Task to carry out: Each record should appear again in the response exactly as it does in the original.

═══ Provided material

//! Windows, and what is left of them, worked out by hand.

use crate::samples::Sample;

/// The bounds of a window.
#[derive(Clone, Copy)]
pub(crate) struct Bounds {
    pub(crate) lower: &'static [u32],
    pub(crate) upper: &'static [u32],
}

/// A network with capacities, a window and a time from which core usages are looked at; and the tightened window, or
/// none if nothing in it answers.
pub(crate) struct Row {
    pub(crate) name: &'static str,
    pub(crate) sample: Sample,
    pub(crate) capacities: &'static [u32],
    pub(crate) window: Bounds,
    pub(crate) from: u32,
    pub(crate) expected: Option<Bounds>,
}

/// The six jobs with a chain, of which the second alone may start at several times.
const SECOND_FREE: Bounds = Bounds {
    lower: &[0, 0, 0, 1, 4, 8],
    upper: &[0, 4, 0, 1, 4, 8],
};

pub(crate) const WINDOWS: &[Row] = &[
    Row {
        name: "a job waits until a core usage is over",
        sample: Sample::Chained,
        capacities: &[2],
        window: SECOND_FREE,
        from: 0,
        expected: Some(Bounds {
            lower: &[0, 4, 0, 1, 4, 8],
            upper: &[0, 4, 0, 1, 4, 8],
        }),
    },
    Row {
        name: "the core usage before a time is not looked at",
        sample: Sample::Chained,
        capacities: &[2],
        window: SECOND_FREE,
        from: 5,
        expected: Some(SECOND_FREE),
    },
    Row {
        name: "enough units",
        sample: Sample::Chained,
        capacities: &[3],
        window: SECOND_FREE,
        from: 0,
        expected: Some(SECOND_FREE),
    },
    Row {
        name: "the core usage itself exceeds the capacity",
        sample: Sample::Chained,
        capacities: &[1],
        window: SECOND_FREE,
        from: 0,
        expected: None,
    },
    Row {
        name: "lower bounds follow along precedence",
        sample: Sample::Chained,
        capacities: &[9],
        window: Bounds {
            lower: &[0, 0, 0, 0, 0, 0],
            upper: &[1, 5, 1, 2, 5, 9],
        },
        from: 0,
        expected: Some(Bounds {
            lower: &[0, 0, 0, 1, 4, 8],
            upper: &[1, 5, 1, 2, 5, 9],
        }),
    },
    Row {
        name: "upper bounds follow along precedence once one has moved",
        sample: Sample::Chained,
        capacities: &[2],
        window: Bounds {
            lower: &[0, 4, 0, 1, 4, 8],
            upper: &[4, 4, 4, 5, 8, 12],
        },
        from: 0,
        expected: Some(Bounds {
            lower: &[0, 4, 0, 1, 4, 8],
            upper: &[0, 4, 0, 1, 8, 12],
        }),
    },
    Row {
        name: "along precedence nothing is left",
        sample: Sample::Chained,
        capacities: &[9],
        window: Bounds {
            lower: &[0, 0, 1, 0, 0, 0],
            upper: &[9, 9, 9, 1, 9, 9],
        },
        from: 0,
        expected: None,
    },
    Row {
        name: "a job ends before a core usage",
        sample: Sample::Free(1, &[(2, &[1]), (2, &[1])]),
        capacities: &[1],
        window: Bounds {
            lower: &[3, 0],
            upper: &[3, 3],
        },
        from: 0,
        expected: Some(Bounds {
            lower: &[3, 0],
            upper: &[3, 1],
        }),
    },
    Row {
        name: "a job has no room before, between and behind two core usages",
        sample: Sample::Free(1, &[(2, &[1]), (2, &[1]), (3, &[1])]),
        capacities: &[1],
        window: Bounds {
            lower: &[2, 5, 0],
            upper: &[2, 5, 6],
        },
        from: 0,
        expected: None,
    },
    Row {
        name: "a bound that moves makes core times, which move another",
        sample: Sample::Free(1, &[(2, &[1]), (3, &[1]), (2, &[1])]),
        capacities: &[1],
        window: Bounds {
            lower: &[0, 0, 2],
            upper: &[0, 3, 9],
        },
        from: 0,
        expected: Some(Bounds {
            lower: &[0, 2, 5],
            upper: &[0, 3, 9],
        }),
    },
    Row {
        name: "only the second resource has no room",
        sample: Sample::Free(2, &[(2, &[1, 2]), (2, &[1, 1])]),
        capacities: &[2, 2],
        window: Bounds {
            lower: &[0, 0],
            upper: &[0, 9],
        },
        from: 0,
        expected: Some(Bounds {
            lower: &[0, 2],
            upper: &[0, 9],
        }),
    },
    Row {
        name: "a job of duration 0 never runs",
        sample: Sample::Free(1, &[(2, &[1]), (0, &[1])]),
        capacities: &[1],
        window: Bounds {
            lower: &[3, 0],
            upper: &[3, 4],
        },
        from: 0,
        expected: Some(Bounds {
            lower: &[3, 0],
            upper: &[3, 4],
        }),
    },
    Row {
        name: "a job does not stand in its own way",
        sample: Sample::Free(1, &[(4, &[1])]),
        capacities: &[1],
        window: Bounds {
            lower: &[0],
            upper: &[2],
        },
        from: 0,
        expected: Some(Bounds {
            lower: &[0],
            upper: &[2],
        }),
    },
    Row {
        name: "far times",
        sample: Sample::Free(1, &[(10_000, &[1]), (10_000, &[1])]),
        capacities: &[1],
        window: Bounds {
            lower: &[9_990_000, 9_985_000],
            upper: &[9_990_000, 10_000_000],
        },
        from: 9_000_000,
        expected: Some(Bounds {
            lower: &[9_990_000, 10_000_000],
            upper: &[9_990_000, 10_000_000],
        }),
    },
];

══════

Task output:
//! Windows, and what is left of them, worked out by hand.

use crate::samples::Sample;

/// The bounds of a window.
#[derive(Clone, Copy)]
pub(crate) struct Bounds {
    pub(crate) lower: &'static [u32],
    pub(crate) upper: &'static [u32],
}

/// A network with capacities, a window and a time from which core usages are looked at; and the tightened window, or
/// none if nothing in it answers.
pub(crate) struct Row {
    pub(crate) name: &'static str,
    pub(crate) sample: Sample,
    pub(crate) capacities: &'static [u32],
    pub(crate) window: Bounds,
    pub(crate) from: u32,
    pub(crate) expected: Option<Bounds>,
}

/// The six jobs with a chain, of which the second alone may start at several times.
const SECOND_FREE: Bounds = Bounds {
    lower: &[0, 0, 0, 1, 4, 8],
    upper: &[0, 4, 0, 1, 4, 8],
};

pub(crate) const WINDOWS: &[Row] = &[
    Row {
        name: "a job waits until a core usage is over",
        sample: Sample::Chained,
        capacities: &[2],
        window: SECOND_FREE,
        from: 0,
        expected: Some(Bounds {
            lower: &[0, 4, 0, 1, 4, 8],
            upper: &[0, 4, 0, 1, 4, 8],
        }),
    },
    Row {
        name: "the core usage before a time is not looked at",
        sample: Sample::Chained,
        capacities: &[2],
        window: SECOND_FREE,
        from: 5,
        expected: Some(SECOND_FREE),
    },
    Row {
        name: "enough units",
        sample: Sample::Chained,
        capacities: &[3],
        window: SECOND_FREE,
        from: 0,
        expected: Some(SECOND_FREE),
    },
    Row {
        name: "the core usage itself exceeds the capacity",
        sample: Sample::Chained,
        capacities: &[1],
        window: SECOND_FREE,
        from: 0,
        expected: None,
    },
    Row {
        name: "lower bounds follow along precedence",
        sample: Sample::Chained,
        capacities: &[9],
        window: Bounds {
            lower: &[0, 0, 0, 0, 0, 0],
            upper: &[1, 5, 1, 2, 5, 9],
        },
        from: 0,
        expected: Some(Bounds {
            lower: &[0, 0, 0, 1, 4, 8],
            upper: &[1, 5, 1, 2, 5, 9],
        }),
    },
    Row {
        name: "upper bounds follow along precedence once one has moved",
        sample: Sample::Chained,
        capacities: &[2],
        window: Bounds {
            lower: &[0, 4, 0, 1, 4, 8],
            upper: &[4, 4, 4, 5, 8, 12],
        },
        from: 0,
        expected: Some(Bounds {
            lower: &[0, 4, 0, 1, 4, 8],
            upper: &[0, 4, 0, 1, 8, 12],
        }),
    },
    Row {
        name: "along precedence nothing is left",
        sample: Sample::Chained,
        capacities: &[9],
        window: Bounds {
            lower: &[0, 0, 1, 0, 0, 0],
            upper: &[9, 9, 9, 1, 9, 9],
        },
        from: 0,
        expected: None,
    },
    Row {
        name: "a job ends before a core usage",
        sample: Sample::Free(1, &[(2, &[1]), (2, &[1])]),
        capacities: &[1],
        window: Bounds {
            lower: &[3, 0],
            upper: &[3, 3],
        },
        from: 0,
        expected: Some(Bounds {
            lower: &[3, 0],
            upper: &[3, 1],
        }),
    },
    Row {
        name: "a job has no room before, between and behind two core usages",
        sample: Sample::Free(1, &[(2, &[1]), (2, &[1]), (3, &[1])]),
        capacities: &[1],
        window: Bounds {
            lower: &[2, 5, 0],
            upper: &[2, 5, 6],
        },
        from: 0,
        expected: None,
    },
    Row {
        name: "a bound that moves makes core times, which move another",
        sample: Sample::Free(1, &[(2, &[1]), (3, &[1]), (2, &[1])]),
        capacities: &[1],
        window: Bounds {
            lower: &[0, 0, 2],
            upper: &[0, 3, 9],
        },
        from: 0,
        expected: Some(Bounds {
            lower: &[0, 2, 5],
            upper: &[0, 3, 9],
        }),
    },
    Row {
        name: "only the second resource has no room",
        sample: Sample::Free(2, &[(2, &[1, 2]), (2, &[1, 1])]),
        capacities: &[2, 2],
        window: Bounds {
            lower: &[0, 0],
            upper: &[0, 9],
        },
        from: 0,
        expected: Some(Bounds {
            lower: &[0, 2],
            upper: &[0, 9],
        }),
    },
    Row {
        name: "a job of duration 0 never runs",
        sample: Sample::Free(1, &[(2, &[1]), (0, &[1])]),
        capacities: &[1],
        window: Bounds {
            lower: &[3, 0],
            upper: &[3, 4],
        },
        from: 0,
        expected: Some(Bounds {
            lower: &[3, 0],
            upper: &[3, 4],
        }),
    },
    Row {
        name: "a job does not stand in its own way",
        sample: Sample::Free(1, &[(4, &[1])]),
        capacities: &[1],
        window: Bounds {
            lower: &[0],
            upper: &[2],
        },
        from: 0,
        expected: Some(Bounds {
            lower: &[0],
            upper: &[2],
        }),
    },
    Row {
        name: "far times",
        sample: Sample::Free(1, &[(10_000, &[1]), (10_000, &[1])]),
        capacities: &[1],
        window: Bounds {
            lower: &[9_990_000, 9_985_000],
            upper: &[9_990_000, 10_000_000],
        },
        from: 9_000_000,
        expected: Some(Bounds {
            lower: &[9_990_000, 10_000_000],
            upper: &[9_990_000, 10_000_000],
        }),
    },
];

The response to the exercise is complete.